Entries taken from a collection
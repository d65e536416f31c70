// The normal forms of queries.
use cite_schema::{ByteText, Dir, Item, List};
use interval_normal::Set;

/// The values that a column's cells may have, as a set of values of the column's kind.
#[derive(Drop)]
pub enum ColumnSet {
    /// Of a number column.
    Ints(Set<i64>),
    /// Of a text column.
    Texts(Set<ByteText>),
}

/// What a query asks for, in a form of its own.
#[derive(Drop)]
pub enum Normal {
    /// No row of any table. What is left of the query is its labels.
    Nothing {
        labels: List<ByteText>,
    },
    /// The rows whose cells are in the sets, in the order of `order` and then of the key, each shown by the items.
    Some {
        /// One for each column of the schema.
        sets: List<ColumnSet>,
        items: List<Item>,
        order: List<Dir>,
    },
}
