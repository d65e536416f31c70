//! Queries and their one normal form.
//!
//! Two queries have one normal form exactly where they give the same bytes on every table of the schema. So a normal
//! form names what a query asks for, however it was written, and a citation of it can be found again (RDA R4).
//!
//! - `check` tells which queries may be asked of a schema, and the first fault of one that may not;
//! - `normal` gives the normal form of such a query, and `settle_form` and `settle_parts` that of loose parts;
//! - `Normal::same` tells normal forms apart, exactly where some table tells them apart;
//! - `Normal::picks`, `rows` and `heads` give what a form picks of a table, and `print` gives its one spelling.
//!
//! What a form asks of a table, and which forms are settled, stands in `specs/Forms.antt`; the laws stand in
//! `specs/FormLaws.antt`, the faults of queries in `specs/Checks.antt`, and the bytes of a printed form in
//! `specs/Printed.antt`.
#![tactic(auto)]

mod checks;
mod choose;
mod column_set;
mod fixed;
mod form;
mod kind_point;
mod laws;
mod normal_form;
#[cfg(test)]
mod notation;
mod order;
mod print;
mod same;
mod settle;

pub use checks::{QueryFault, check};
pub use form::{ColumnSet, Normal};
pub use laws::{
    prints_tell_forms_apart, queries_have_a_form, queries_have_one_form,
    settled_forms_are_canonical,
};
pub use normal_form::normal;
pub use settle::{settle_form, settle_parts};

#[cfg(test)]
mod tests;
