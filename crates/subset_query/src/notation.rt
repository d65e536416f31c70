// Schemas and queries in a short notation, for tests.
//
// A schema is a line of columns, each a name and a kind, as `sid:int t:text`. A query is a line of words, and a
// condition stands behind the conditions in it:
//
// - `lt:3`, `le:3`, `eq:3`, `ne:3`, `ge:3` and `gt:3` compare with a number, and `lt:'61` with the text that has these
//   bytes in hexadecimal;
// - `in:135` asks for one of the numbers 1, 3 and 5, and `prefix:61` for a text that begins with these bytes;
// - `all:2` and `any:2` join the last two conditions, and `not:1` denies the last one;
// - `on:x` puts the last condition on the column x;
// - `show:x=c` shows the column x under the label c;
// - `up:x` and `down:x` order by the column x.
use cite_schema::{
    Along, Asked, Boxed, ByteText, Column, Cond, Kind, List, NoMemory, OnColumn, Query, Schema,
    Value, read_int,
};
use std::alloc::{AllocError, AllocFailed, Global};

/// Why a line has no meaning.
#[derive(Debug, Drop)]
pub enum Misread {
    NoMemory,
    /// A word is none of the notation, or lacks the conditions that it joins.
    Word,
    /// The columns make no schema.
    Schema,
    /// The query may not be asked of the schema.
    Query,
}

impl From<NoMemory> for Misread {
    fn from(_: NoMemory) -> Misread {
        Misread::NoMemory
    }
}

impl From<AllocError> for Misread {
    fn from(_: AllocError) -> Misread {
        Misread::NoMemory
    }
}

impl<T: Drop> From<AllocFailed<T>> for Misread {
    fn from(_: AllocFailed<T>) -> Misread {
        Misread::NoMemory
    }
}

/// The text of these bytes.
pub fn text(alloc: Global, bytes: &[u8]) -> Result<ByteText, Misread> {
    let text = ByteText::from_slice(alloc, bytes)?;
    Ok(text)
}

// The two sides of a mark in a word.
fn cut(word: &str, mark: char) -> Result<(&str, &str), Misread> {
    match word.split_once(mark) {
        Some((before, behind)) => Ok((before, behind)),
        None => Err(Misread::Word),
    }
}

fn kind_of(word: &str) -> Result<Kind, Misread> {
    match word {
        "int" => Ok(Kind::Int),
        "text" => Ok(Kind::Text),
        _ => Err(Misread::Word),
    }
}

fn column_of(alloc: Global, word: &str) -> Result<Column, Misread> {
    let (name, kind) = cut(word, ':')?;
    let kind = kind_of(kind)?;
    let name = text(alloc, name.as_bytes())?;
    Ok(Column { name, kind })
}

/// The schema of a line of columns.
pub fn schema(alloc: Global, line: &str) -> Result<Schema, Misread> {
    let mut columns = List::new(alloc);
    for word in line.split_whitespace() {
        let column = column_of(alloc, word)?;
        columns.push(column)?;
    }
    match Schema::make(1, columns) {
        Ok(schema) => Ok(schema),
        Err(_) => Err(Misread::Schema),
    }
}

// The text that is written in hexadecimal.
fn decoded(alloc: Global, digits: &str) -> Result<ByteText, Misread> {
    match hex::decode(alloc, digits) {
        Ok(bytes) => Ok(List::from_vec(bytes)),
        Err(_) => Err(Misread::Word),
    }
}

fn number(word: &str) -> Result<i64, Misread> {
    match read_int(word.as_bytes()) {
        Some(number) => Ok(number),
        None => Err(Misread::Word),
    }
}

fn value(alloc: Global, word: &str) -> Result<Value, Misread> {
    match word.strip_prefix('\'') {
        Some(digits) => {
            let text = decoded(alloc, digits)?;
            Ok(Value::Text(text))
        }
        None => {
            let number = number(word)?;
            Ok(Value::Int(number))
        }
    }
}

fn comparison(key: &str, value: Value) -> Result<Cond, Misread> {
    match key {
        "lt" => Ok(Cond::Lt(value)),
        "le" => Ok(Cond::Le(value)),
        "eq" => Ok(Cond::Eq(value)),
        "ne" => Ok(Cond::Ne(value)),
        "ge" => Ok(Cond::Ge(value)),
        "gt" => Ok(Cond::Gt(value)),
        _ => Err(Misread::Word),
    }
}

// The condition that holds of each digit's number.
fn among(alloc: Global, digits: &str) -> Result<Cond, Misread> {
    let mut values = List::new(alloc);
    for digit in digits.as_bytes() {
        values.push(Value::Int(i64::from(*digit) - 48))?;
    }
    Ok(Cond::Among(values))
}

fn prefixed(alloc: Global, digits: &str) -> Result<Cond, Misread> {
    let prefix = decoded(alloc, digits)?;
    Ok(Cond::Prefix(prefix))
}

fn compared(alloc: Global, key: &str, word: &str) -> Result<Cond, Misread> {
    let value = value(alloc, word)?;
    comparison(key, value)
}

fn last(loose: &mut Vec<Cond>) -> Result<Cond, Misread> {
    match loose.pop() {
        Some(cond) => Ok(cond),
        None => Err(Misread::Word),
    }
}

// The last conditions, so many, in the order in which they were written.
fn members(alloc: Global, loose: &mut Vec<Cond>, count: &str) -> Result<List<Cond>, Misread> {
    let count = number(count)?;
    let mut members = Vec::new(alloc);
    for _ in 0..count {
        let member = last(loose)?;
        members.push(member)?;
    }
    members.reverse();
    Ok(List::from_vec(members))
}

fn joined(alloc: Global, loose: &mut Vec<Cond>, key: &str, count: &str) -> Result<Cond, Misread> {
    let members = members(alloc, loose, count)?;
    match key {
        "all" => Ok(Cond::AllOf(members)),
        _ => Ok(Cond::AnyOf(members)),
    }
}

fn denied(alloc: Global, loose: &mut Vec<Cond>) -> Result<Cond, Misread> {
    let cond = last(loose)?;
    let inner = Boxed::new(alloc, cond)?;
    Ok(Cond::Not(inner))
}

// The condition of a word, which takes those that it joins.
fn condition(alloc: Global, loose: &mut Vec<Cond>, key: &str, rest: &str) -> Result<Cond, Misread> {
    match key {
        "in" => among(alloc, rest),
        "prefix" => prefixed(alloc, rest),
        "all" | "any" => joined(alloc, loose, key, rest),
        "not" => denied(alloc, loose),
        _ => compared(alloc, key, rest),
    }
}

fn add_condition(
    alloc: Global,
    query: &mut Query,
    loose: &mut Vec<Cond>,
    name: &str,
) -> Result<(), Misread> {
    let cond = last(loose)?;
    let column = text(alloc, name.as_bytes())?;
    query.conds.push(OnColumn { column, cond })?;
    Ok(())
}

// Adds the item of a word `x=c`.
fn add_item(alloc: Global, query: &mut Query, word: &str) -> Result<(), Misread> {
    let (column, label) = cut(word, '=')?;
    let column = text(alloc, column.as_bytes())?;
    let label = text(alloc, label.as_bytes())?;
    query.items.push(Asked { column, label })?;
    Ok(())
}

fn add_order(alloc: Global, query: &mut Query, name: &str, down: bool) -> Result<(), Misread> {
    let column = text(alloc, name.as_bytes())?;
    query.order.push(Along { column, down })?;
    Ok(())
}

fn keep_condition(
    alloc: Global,
    loose: &mut Vec<Cond>,
    key: &str,
    rest: &str,
) -> Result<(), Misread> {
    let cond = condition(alloc, loose, key, rest)?;
    loose.push(cond)?;
    Ok(())
}

// Adds what a word says to the query, or to the conditions that are on no column yet.
fn add_word(
    alloc: Global,
    query: &mut Query,
    loose: &mut Vec<Cond>,
    word: &str,
) -> Result<(), Misread> {
    let (key, rest) = cut(word, ':')?;
    match key {
        "on" => add_condition(alloc, query, loose, rest),
        "show" => add_item(alloc, query, rest),
        "up" => add_order(alloc, query, rest, false),
        "down" => add_order(alloc, query, rest, true),
        _ => keep_condition(alloc, loose, key, rest),
    }
}

/// The query of a line of words.
pub fn query(alloc: Global, line: &str) -> Result<Query, Misread> {
    let mut loose = Vec::new(alloc);
    let mut query = Query {
        conds: List::new(alloc),
        items: List::new(alloc),
        order: List::new(alloc),
    };
    for word in line.split_whitespace() {
        add_word(alloc, &mut query, &mut loose, word)?;
    }
    if loose.is_empty() {
        Ok(query)
    } else {
        Err(Misread::Word)
    }
}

_EXERCISE GOAL_
Which lines of the data contain the string "same"? Copy each one.

_RESPONSE TO THE TASK_
//! Two queries have one normal form exactly where they give the same bytes on every table of the schema. So a normal
//! - `Normal::same` tells normal forms apart, exactly where some table tells them apart;
mod same;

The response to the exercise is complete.